MarketsEconomic TimesMay 19, 2026· 1 min read
SEBI Clarifies Security Pledging for Non-Discretionary PMS Clients

SEBI has clarified that clients in non-discretionary portfolio management services (ND-PMS) can pledge their securities for their own benefit, as they retain beneficial ownership and control. This move enhances client financial flexibility and is not deemed borrowing by the portfolio manager.
The Securities and Exchange Board of India (SEBI) has issued a significant clarification regarding the pledging of securities within the non-discretionary portfolio management services (ND-PMS) framework. Under the updated guidance, clients utilizing ND-PMS are now explicitly permitted to pledge their securities, provided such actions are solely for their own benefit.
This regulatory update addresses a long-standing point of ambiguity regarding asset utilization in ND-PMS. SEBI's stance is rooted in the principle that in a non-discretionary arrangement, beneficial ownership and full control of the securities remain with the client. Consequently, allowing clients to pledge their assets for personal financial needs is not interpreted as the portfolio manager engaging in borrowing activities, which would contravene existing regulations.
The clarification aims to enhance liquidity and financial flexibility for ND-PMS clients, enabling them to leverage their investment portfolios for various personal or business requirements without divesting their holdings. This move is expected to make ND-PMS more attractive to a segment of investors who seek both professional management and the ability to access collateralized financing against their assets.

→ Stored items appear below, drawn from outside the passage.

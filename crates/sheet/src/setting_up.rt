// Set-up: every slot empty, with its clinic, measure and indent.
ghost use Rattle.std.specs.Prelude.{◌≡◌, ◌*◌, ◌≤◌, ◌<◌, IfSome, length};
ghost use Rattle.rules.specs.Layout.{most_slots, slot_length};
ghost use Rattle.rules.specs.Refusals.{says, bad_slot, set_up};
ghost use Rattle.rules.specs.Numbers.{answer_from};
ghost use Rattle.sheet.specs.Lists.{Matched, all_fresh};

use crate::entry::slot_count;
use rules::layout::{CLINIC, SLOT_WORDS};
use rules::{Answer, Refusal, put, slot_limits_ok};
use slot::clear;

/// What a set-up gives the slots of a sheet: a clinic, a measure and an indent for each, in three lists of one length.
#[derive(Clone, Copy, Debug)]
struct Settings<'a> {
    clinics: &'a [u32],
    measures: &'a [u32],
    indents: &'a [u32],
    ghost matched: { Matched clinics.now measures.now indents.now },
    ghost few: { length clinics.now ≤ most_slots },
}

impl<'a> Settings<'a> {
    /// The first slot that is out of limits.
    fn first_out_of_limits(self) -> Option<usize>
        ensures inside { IfSome result (λ k. k < length self.entry.clinics.now) }
        ensures first { result ≡ bad_slot 0 self.entry.clinics.now self.entry.measures.now self.entry.indents.now
            (length self.entry.clinics.now) }
    {
        for k in 0..self.clinics.len() {
            if !slot_limits_ok(self.clinics[k], self.measures[k], self.indents[k]) {
                return Some(k);
            }
        }
        None
    }

    /// Writes a fresh slot for each clinic: all words are cleared at once, then each head is written.
    fn write(self, sheet: &mut [u32])
        requires { length sheet.old ≡ slot_length * length self.clinics.now }
        ensures { sheet.new ≡ all_fresh self.entry.clinics.now self.entry.measures.now self.entry.indents.now }
    {
        clear(sheet);
        // by index: after `chunks_exact_mut` a proof knows no more of the words than how many they are
        for k in 0..self.clinics.len() {
            let start = SLOT_WORDS * k;
            let end = start + SLOT_WORDS;
            let head = [self.clinics[k], self.measures[k], self.indents[k]];
            put(&mut sheet[start..end], CLINIC, head);
        }
    }
}

/// Sets the slots up, and gives their number.
#[tactic(auto, using(crate::proofs::SetUpLaws::sets_up))]
fn set_up_slots(
    sheet: &mut [u32],
    clinics: &[u32],
    measures: &[u32],
    indents: &[u32],
) -> Result<u32, Refusal>
    ensures { (answer_from result, sheet.new) ≡ set_up sheet.old clinics.now measures.now indents.now }
{
    let slots = slot_count(sheet.len()).ok_or(Refusal::NoSheet)?;
    if clinics.len() != slots || measures.len() != slots || indents.len() != slots {
        return Err(Refusal::NoSheet);
    }
    let settings = Settings {
        clinics,
        measures,
        indents,
    };
    if let Some(k) = settings.first_out_of_limits() {
        return Err(Refusal::OutOfLimits { slot: k as u32 });
    }
    settings.write(sheet);
    Ok(slots as u32)
}

/// Empties every slot, and gives each its clinic, measure and indent.
// three lists, as C passes them
pub fn set_up(sheet: &mut [u32], clinics: &[u32], measures: &[u32], indents: &[u32]) -> Answer
    ensures { (says result.number result.place, sheet.new)
        ≡ set_up sheet.old clinics.now measures.now indents.now }
{
    set_up_slots(sheet, clinics, measures, indents).into()
}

From an economic perspective, this regulatory refinement could potentially increase the overall efficiency of capital markets by unlocking previously illiquid or underutilized assets. It provides investors with an additional avenue for capital access, potentially stimulating economic activity in segments where such collateralization was previously unclear or prohibited. The safeguards ensure that the integrity of the portfolio management structure is maintained, preventing portfolio managers from misusing client assets while empowering clients with greater control over their financial resources.
Analyst's Take
While seemingly a technical clarification, this ruling could subtly shift the risk profile of ND-PMS as a product, potentially attracting a new cohort of sophisticated investors who view their portfolios as active collateral. The second-order effect might be a marginal increase in leverage within certain high-net-worth segments, with implications for asset-backed lending volumes and potentially a minor, indirect boost to economic activity as collateral becomes more accessible for other investments or business needs.